PROJECT SUMMARY/ABSTRACT
Alzheimer’s Disease (AD) is the most common cause of dementia in the elderly, and it is the sixth leading cause
of death in the United States. AD currently cannot be prevented, cured, or even slowed, and it has a significant
public health impact in terms of health care dollars and quality of life for those affected and their family members.
Experimental models of ADRD have implicated the gut microbiome-bile acid-brain axis in the development and
progression of ADRD. Neurotoxic environmental toxicants, such as polychlorinated biphenyls (PCBs), alter the
function of the microbiome, resulting in an altered bile acid homeostasis; however, it is unknown if PCB-mediated
changes in the gut microbiome-bile acid-brain axis play a role in the etiology of ADRD. Furthermore,
epidemiological studies have major limitations assessing the complex effects of PCB exposure on the gut
microbiome-bile acid-brain axis across the lifespan. Thus, there is a critical need to assess how human-relevant
PCB mixtures alter the development and progression of ADRD-like phenotypes in experimental models of
ADRD via the gut microbiome-bile acid-brain axis. The long-term goal of the transdisciplinary team assembled
for this project is to characterize how environmental exposures contribute to ADRD and ultimately prevent ADRD
through a precision environmental health paradigm. The translational objective is to demonstrate with a systems
biology approach that exposure to a human-relevant PCBs mixture contributes to and accelerates the etiology
of ADRD-type outcomes in vivo. The central hypothesis is that exposure to PCBs adversely affects the ADRD
phenotype in rTg4510 and APP/PS1 mice, two experimental models of ADRD, by causing microbiome-mediated
alterations in the bile acid homeostasis and affecting vascular function in a dose and exposure time-dependent
manner. This hypothesis integrates strong preliminary data from the research team showing that PCBs are
present in the human brain, affect the microbiome, alter bile acid homeostasis, and cause vascular dysfunction.

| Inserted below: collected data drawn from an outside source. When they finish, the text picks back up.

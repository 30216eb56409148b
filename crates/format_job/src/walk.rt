// The numbers of one field after another, read to lent memory. One past its end is left out, so with no memory they are only looked at.
ghost use Rattle.std.specs.Prelude.{◌≡◌, set};
ghost use Rattle.format.specs.Numerals.{is_float, float_of, is_count, count_of};
ghost use Rattle.format_job.specs.Reads.{WalkedAt, AllAt};

fn put<T: Copy>(out: &mut [T], k: usize, x: T)
    ensures { out.new ≡ set out.old k x }
{
    if k < out.len() {
        out[k] = x;
    }
}

// n counts from a place on, and where the field after them starts. None where a field is no count.
pub(crate) fn read_counts(line: &[u8], start: usize, n: usize, out: &mut [usize]) -> Option<usize>
    ensures { WalkedAt is_count count_of line.now start n out.old out.new result }
{
    let mut at = start;
    for k in 0..n {
        let x = format_fields::number_at(line, at)?;
        put(out, k, x.value);
        at = x.next;
    }
    Some(at)
}

// Every field from a place on, as a float, and how many there are. None where a field is no float.
pub(crate) fn read_floats(line: &[u8], start: usize, out: &mut [f64]) -> Option<usize>
    ensures { AllAt is_float float_of line.now start out.old out.new result }
{
    let mut at = start;
    let mut k = 0usize;
    // Stays: no plainer, since the walk goes from field to field: where the next one starts is read
    while at <= line.len() {
        let x = format_fields::number_at(line, at)?;
        put(out, k, x.value);
        at = x.next;
        k += 1;
    }
    Some(k)
}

The hypothesis will be tested using a systems biology approach by assessing how exposure to a human-relevant
PCB mixture affects ADRD-related outcomes in experimental models of ADRD. The Specific Aims are to a)
characterize effects of PCB exposure on gut microbiome composition and circulating bile acids; b) study the
effects of PCB exposure on vascular function, and c) identify ADRD-type pathological changes and memory loss
in the brain of PCB exposed rTg4510 or APP/PS1 mice. To ensure integration across all Aims, mediation analysis
will be used to demonstrate that the microbiome and/or vascular dysfunction mediates the effects of PCBs on
ADRD-type outcomes. These studies will demonstrate that PCB exposure leads to accelerated progression and
more severe disease pathology in experimental ADRD models. Identifying PCBs as environmental risk factors
that alter ADRD-related outcomes will lay the groundwork for mechanistic studies and inform translational studies
for preventing ADRD mediated by environmental toxicants using a precision environmental health paradigm.